# Exercise goal
Scan the material for "uses". Copy every line it appears in.

# Data shown
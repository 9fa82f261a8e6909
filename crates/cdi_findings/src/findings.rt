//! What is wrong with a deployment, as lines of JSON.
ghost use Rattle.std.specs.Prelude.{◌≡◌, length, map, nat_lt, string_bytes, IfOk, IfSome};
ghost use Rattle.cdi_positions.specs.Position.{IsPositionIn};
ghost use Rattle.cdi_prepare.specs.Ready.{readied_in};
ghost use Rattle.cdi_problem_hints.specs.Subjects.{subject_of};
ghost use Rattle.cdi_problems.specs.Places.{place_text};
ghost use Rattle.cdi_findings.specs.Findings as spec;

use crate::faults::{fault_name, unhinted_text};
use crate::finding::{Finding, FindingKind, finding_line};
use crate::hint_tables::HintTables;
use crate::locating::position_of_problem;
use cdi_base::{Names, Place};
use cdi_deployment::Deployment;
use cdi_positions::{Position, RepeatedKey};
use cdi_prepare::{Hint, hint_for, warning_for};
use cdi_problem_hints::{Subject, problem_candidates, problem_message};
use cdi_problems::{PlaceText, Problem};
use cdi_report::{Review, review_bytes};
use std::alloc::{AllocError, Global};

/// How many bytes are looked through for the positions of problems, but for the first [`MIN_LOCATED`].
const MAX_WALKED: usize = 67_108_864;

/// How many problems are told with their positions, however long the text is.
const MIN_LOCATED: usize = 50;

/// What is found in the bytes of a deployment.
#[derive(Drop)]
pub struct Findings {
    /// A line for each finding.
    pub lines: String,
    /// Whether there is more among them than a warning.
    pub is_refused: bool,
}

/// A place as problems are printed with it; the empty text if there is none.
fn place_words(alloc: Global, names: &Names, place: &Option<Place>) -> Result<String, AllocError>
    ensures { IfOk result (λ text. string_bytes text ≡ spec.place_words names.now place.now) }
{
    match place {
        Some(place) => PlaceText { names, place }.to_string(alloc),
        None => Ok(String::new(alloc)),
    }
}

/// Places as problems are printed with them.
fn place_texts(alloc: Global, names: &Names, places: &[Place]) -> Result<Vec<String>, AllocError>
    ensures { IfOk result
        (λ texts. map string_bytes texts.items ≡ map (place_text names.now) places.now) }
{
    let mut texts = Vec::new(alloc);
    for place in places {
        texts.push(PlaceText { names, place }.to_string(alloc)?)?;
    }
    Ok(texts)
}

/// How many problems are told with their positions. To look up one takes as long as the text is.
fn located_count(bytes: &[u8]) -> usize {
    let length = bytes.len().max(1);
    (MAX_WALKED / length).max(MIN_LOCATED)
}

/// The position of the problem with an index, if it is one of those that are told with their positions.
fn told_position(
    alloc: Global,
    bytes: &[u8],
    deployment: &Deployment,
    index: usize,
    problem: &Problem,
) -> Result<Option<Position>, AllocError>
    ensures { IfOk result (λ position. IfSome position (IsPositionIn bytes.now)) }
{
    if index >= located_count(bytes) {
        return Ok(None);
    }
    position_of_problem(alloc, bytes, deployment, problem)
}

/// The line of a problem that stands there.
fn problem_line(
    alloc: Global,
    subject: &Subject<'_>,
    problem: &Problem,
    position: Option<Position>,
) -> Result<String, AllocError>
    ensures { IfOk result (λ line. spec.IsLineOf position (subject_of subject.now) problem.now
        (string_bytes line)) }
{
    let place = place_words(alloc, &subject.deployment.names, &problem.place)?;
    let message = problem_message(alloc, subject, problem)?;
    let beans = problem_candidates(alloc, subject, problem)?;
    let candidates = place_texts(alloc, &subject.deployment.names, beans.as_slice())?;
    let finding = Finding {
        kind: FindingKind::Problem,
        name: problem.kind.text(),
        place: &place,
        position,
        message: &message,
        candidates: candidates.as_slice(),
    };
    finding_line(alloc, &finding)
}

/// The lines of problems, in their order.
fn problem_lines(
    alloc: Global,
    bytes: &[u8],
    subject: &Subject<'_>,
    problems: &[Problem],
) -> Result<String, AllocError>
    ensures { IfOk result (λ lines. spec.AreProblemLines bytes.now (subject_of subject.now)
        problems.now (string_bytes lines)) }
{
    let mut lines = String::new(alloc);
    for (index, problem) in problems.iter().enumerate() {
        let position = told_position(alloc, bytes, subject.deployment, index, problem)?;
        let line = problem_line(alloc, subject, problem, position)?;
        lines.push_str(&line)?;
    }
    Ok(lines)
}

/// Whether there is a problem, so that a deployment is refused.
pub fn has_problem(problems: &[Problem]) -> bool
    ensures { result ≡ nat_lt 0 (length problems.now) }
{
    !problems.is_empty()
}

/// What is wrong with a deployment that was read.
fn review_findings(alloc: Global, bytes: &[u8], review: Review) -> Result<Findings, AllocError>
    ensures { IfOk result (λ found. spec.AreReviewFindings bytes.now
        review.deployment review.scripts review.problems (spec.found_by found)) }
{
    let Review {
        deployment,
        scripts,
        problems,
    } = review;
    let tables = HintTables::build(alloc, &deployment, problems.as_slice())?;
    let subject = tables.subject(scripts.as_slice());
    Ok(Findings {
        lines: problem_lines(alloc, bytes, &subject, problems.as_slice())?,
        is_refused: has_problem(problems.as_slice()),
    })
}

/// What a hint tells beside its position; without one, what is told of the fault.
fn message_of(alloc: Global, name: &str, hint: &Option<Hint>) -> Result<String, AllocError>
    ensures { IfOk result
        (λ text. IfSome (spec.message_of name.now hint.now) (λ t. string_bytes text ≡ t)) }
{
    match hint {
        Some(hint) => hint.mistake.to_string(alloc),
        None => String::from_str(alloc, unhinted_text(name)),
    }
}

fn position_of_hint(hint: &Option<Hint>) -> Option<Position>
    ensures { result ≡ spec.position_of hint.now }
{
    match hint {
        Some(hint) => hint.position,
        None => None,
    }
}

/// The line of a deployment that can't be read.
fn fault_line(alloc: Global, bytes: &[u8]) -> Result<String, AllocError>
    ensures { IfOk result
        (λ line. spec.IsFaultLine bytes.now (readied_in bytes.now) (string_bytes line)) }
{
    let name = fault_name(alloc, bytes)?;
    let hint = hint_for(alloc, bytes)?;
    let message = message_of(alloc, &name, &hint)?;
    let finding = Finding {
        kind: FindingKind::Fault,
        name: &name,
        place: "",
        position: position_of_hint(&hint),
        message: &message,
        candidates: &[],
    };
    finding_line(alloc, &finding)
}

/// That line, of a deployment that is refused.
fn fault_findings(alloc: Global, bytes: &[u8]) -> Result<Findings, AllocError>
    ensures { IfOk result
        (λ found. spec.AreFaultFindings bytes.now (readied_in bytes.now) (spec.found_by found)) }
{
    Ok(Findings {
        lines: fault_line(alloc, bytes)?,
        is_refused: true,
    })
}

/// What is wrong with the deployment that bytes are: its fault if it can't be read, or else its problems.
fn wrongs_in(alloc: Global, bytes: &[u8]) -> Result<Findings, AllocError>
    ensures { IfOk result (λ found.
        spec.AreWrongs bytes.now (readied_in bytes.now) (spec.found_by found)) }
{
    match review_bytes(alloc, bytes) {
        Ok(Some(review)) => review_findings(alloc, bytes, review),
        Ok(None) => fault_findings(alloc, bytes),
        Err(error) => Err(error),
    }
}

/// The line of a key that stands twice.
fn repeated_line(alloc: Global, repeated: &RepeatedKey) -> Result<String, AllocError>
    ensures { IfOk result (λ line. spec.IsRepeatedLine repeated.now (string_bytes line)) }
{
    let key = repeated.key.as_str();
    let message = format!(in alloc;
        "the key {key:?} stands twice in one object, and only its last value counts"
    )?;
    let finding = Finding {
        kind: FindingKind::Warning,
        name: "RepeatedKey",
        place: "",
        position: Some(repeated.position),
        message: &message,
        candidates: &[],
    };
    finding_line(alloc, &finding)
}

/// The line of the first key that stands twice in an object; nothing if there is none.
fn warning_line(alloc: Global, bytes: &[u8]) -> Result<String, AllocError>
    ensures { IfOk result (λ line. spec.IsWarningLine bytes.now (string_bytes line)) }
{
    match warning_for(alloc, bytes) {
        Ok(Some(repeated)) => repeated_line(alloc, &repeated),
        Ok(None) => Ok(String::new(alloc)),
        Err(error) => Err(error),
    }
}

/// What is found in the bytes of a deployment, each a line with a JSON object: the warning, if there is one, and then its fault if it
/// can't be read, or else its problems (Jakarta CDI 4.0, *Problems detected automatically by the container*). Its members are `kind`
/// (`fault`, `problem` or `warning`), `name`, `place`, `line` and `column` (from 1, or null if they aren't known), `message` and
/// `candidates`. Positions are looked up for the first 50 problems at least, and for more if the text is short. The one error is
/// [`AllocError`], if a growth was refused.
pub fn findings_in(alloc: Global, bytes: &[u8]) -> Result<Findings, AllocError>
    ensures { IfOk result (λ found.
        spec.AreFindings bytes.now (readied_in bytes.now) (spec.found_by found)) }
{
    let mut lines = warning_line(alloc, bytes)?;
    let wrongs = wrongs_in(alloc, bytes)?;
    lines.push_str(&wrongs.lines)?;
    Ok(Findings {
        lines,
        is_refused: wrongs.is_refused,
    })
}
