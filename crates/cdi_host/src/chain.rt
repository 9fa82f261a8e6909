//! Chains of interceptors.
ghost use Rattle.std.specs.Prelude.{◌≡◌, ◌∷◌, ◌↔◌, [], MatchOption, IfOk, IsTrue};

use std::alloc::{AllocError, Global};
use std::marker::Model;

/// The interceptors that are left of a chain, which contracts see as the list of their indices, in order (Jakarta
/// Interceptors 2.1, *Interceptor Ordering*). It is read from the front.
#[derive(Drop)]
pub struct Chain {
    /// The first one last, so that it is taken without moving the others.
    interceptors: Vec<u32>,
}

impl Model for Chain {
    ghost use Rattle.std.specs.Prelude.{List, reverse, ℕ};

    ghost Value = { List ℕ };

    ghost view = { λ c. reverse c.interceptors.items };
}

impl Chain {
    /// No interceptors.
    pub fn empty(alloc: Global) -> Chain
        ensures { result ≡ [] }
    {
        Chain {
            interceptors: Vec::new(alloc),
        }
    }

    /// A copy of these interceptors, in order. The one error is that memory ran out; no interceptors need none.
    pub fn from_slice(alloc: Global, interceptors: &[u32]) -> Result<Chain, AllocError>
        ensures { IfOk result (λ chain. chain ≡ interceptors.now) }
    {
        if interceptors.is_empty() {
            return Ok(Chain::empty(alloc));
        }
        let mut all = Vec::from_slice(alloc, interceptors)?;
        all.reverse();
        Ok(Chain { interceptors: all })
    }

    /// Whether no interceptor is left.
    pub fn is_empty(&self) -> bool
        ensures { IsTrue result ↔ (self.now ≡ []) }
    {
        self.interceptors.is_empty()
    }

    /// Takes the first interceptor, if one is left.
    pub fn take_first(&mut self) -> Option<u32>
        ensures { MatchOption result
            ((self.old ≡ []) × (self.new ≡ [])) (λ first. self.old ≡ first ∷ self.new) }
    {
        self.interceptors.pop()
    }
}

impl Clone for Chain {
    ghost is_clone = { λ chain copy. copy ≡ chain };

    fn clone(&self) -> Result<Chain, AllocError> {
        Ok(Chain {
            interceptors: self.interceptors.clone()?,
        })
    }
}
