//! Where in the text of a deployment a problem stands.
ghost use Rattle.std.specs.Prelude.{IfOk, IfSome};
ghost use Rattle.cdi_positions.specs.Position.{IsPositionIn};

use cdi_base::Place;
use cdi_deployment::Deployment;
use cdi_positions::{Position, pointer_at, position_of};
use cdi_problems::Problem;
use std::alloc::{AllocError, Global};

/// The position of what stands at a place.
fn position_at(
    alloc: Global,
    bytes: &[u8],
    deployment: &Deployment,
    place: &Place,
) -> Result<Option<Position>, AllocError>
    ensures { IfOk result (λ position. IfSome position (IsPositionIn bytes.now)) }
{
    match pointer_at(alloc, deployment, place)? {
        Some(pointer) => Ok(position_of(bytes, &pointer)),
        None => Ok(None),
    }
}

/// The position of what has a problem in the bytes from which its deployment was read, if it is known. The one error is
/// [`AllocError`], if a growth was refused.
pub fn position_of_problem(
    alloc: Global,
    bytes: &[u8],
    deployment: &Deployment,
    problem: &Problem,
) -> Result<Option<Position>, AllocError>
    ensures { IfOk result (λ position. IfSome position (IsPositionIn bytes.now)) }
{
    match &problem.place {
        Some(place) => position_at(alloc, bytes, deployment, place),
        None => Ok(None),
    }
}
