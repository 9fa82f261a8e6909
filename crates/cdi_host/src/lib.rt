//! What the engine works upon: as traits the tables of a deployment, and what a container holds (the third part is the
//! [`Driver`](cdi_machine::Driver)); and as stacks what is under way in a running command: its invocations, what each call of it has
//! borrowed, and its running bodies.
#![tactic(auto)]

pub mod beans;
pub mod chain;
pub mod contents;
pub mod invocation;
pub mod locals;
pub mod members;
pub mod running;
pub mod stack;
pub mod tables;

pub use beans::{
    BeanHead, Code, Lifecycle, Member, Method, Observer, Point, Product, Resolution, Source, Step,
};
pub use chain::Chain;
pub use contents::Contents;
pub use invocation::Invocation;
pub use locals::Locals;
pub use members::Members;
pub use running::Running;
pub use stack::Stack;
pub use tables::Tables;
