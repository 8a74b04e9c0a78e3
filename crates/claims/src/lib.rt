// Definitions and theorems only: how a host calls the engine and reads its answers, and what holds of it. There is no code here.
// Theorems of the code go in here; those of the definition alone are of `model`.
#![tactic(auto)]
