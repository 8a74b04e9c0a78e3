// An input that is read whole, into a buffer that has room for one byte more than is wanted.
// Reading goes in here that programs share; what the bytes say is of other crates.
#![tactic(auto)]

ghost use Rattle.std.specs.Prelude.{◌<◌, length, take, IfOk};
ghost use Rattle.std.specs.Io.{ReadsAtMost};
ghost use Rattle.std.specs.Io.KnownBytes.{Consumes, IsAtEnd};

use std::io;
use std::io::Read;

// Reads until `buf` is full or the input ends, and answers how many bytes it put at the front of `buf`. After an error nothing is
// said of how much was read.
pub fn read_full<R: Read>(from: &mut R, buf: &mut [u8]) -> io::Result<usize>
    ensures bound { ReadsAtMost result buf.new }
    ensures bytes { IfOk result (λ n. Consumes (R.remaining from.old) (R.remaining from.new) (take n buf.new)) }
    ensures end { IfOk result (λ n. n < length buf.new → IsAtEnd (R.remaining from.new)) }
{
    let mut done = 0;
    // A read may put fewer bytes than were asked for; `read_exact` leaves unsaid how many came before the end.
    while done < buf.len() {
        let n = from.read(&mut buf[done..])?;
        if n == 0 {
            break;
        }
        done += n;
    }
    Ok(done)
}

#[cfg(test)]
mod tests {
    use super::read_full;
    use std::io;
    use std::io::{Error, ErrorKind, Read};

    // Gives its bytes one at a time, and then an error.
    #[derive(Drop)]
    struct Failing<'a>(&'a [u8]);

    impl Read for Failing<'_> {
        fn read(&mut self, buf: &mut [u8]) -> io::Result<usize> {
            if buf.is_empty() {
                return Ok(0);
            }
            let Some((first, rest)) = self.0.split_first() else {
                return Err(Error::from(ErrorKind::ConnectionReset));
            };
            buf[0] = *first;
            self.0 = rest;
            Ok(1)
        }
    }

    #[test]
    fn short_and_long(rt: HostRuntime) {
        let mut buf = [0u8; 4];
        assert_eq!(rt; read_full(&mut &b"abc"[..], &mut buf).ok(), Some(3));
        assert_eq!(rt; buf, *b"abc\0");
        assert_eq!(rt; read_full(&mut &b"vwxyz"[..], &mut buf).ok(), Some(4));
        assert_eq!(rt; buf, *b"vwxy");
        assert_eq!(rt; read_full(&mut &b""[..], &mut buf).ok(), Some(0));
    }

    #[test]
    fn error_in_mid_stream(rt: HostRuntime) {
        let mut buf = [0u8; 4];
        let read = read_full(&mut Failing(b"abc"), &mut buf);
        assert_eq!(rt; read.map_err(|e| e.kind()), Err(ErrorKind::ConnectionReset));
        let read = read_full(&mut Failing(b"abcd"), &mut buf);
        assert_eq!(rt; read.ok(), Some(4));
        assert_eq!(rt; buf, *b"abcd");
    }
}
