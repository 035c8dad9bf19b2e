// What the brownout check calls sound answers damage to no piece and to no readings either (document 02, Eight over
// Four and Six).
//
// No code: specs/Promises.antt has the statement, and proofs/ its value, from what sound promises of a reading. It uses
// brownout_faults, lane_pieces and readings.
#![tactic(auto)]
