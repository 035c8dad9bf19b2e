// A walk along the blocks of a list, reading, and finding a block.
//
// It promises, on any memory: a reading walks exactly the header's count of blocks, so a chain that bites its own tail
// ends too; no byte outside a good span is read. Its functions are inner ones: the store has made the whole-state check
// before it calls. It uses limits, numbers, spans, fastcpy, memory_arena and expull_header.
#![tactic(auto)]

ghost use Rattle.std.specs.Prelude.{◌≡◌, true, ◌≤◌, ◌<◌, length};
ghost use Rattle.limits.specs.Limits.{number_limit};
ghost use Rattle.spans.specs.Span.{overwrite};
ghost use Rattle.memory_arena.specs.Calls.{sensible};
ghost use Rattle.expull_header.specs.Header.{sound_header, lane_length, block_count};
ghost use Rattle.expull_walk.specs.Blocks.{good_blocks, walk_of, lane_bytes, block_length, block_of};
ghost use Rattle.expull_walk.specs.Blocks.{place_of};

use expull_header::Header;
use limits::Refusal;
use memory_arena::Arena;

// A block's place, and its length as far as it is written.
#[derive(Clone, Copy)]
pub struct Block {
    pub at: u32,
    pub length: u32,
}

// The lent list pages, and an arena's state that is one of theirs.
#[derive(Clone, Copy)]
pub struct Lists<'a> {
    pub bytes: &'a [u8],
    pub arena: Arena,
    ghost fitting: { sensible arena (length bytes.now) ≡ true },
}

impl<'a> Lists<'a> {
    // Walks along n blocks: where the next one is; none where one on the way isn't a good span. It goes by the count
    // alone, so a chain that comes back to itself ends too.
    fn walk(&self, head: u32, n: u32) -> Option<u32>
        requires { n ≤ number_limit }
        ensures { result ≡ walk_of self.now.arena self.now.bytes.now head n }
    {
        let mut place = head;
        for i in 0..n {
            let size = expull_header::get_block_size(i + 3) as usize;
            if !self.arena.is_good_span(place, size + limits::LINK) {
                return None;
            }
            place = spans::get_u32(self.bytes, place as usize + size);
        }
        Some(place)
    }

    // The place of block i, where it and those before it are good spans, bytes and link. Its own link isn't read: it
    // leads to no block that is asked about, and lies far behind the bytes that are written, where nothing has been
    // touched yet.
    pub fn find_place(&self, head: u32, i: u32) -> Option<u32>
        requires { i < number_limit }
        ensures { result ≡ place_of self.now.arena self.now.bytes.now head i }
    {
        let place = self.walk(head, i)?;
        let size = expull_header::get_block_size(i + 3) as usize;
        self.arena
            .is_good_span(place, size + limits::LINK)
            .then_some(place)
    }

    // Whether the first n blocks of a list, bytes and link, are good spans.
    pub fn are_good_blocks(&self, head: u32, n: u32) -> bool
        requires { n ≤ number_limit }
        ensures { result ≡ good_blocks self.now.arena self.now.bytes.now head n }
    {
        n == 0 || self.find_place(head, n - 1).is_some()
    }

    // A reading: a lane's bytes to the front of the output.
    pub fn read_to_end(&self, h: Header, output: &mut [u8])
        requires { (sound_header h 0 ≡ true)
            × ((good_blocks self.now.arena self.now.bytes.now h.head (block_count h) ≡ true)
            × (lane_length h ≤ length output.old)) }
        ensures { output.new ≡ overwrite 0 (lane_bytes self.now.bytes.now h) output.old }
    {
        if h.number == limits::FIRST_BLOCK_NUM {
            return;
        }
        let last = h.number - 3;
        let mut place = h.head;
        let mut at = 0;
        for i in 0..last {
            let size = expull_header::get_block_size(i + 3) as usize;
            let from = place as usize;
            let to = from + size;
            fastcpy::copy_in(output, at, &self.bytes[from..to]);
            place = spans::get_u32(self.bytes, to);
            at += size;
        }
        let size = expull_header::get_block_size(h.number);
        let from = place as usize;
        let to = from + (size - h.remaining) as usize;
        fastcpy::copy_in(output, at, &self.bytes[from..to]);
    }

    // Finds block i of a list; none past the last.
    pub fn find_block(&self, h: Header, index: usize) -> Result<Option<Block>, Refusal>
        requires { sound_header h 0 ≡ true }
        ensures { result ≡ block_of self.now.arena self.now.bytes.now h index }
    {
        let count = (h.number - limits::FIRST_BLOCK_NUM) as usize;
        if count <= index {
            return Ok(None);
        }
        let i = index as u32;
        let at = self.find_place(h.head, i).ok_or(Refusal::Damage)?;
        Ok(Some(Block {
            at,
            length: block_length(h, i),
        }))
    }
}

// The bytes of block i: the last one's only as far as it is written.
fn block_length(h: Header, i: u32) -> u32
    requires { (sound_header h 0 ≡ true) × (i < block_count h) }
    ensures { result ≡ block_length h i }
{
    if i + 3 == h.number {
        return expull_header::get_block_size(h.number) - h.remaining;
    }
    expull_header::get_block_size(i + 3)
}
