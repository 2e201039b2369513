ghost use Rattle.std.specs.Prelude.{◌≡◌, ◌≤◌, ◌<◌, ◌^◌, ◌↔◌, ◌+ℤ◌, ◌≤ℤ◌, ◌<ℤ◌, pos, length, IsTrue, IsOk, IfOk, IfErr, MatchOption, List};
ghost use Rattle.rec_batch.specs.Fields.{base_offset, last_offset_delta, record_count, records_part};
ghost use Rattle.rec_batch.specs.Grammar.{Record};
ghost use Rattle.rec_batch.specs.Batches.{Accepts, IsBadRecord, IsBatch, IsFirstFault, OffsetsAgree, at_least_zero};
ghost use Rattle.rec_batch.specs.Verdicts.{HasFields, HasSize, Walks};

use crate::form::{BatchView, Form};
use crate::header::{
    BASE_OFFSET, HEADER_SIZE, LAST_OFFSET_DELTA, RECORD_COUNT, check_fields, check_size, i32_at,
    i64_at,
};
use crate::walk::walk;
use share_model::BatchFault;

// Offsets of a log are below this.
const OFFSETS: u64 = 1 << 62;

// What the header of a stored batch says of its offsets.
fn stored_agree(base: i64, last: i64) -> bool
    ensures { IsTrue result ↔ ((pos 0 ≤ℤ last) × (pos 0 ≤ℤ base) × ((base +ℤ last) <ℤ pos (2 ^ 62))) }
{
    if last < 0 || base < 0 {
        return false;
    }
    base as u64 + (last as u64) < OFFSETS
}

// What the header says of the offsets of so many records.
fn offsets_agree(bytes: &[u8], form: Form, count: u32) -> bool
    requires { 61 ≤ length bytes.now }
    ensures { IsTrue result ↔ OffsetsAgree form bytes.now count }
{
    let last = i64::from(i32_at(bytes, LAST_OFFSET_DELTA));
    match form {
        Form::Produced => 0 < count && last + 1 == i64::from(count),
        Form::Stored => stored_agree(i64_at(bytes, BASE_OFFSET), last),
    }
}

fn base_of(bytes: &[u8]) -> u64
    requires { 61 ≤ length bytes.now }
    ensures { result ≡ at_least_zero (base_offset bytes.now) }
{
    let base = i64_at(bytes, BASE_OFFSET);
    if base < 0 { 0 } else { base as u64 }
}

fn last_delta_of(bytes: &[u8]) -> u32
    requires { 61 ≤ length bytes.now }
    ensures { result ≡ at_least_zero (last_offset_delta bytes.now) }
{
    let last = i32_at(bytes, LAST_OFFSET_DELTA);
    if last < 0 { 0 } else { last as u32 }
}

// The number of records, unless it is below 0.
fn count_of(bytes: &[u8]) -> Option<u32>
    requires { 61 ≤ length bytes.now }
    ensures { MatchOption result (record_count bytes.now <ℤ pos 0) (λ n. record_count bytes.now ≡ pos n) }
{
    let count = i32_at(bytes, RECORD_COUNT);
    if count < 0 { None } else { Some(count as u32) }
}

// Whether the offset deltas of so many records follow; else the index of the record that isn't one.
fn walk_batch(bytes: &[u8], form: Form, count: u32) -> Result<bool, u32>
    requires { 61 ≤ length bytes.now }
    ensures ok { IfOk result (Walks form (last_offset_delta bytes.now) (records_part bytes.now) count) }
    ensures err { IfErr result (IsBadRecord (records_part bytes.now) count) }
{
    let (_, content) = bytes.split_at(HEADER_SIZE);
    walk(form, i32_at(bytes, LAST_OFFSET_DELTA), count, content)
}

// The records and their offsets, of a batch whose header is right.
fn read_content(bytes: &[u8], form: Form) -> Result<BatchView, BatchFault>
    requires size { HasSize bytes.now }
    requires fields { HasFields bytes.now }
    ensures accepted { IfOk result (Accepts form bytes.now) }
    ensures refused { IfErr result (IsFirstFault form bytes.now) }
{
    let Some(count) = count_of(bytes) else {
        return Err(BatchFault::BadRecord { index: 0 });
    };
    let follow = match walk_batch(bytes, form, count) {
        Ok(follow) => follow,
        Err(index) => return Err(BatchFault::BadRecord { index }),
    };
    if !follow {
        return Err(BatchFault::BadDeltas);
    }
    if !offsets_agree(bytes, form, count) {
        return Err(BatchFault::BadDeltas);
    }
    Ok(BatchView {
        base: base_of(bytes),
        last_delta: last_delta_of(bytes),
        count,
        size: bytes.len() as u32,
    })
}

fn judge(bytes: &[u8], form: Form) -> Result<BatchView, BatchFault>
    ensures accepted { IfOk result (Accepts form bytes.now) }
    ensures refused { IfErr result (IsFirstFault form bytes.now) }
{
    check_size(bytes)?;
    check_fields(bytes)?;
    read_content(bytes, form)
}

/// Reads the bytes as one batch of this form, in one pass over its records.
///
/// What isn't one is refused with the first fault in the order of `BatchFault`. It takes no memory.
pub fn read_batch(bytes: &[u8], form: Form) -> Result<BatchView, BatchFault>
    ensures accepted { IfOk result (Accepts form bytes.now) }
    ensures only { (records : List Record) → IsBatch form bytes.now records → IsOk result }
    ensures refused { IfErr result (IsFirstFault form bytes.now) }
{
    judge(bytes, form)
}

# Task result
// No code: specs/Promises.antt has the statement, and proofs/ its value, from what sound promises of a reading. It uses
// before it calls. It uses limits, numbers, spans, fastcpy, memory_arena and expull_header.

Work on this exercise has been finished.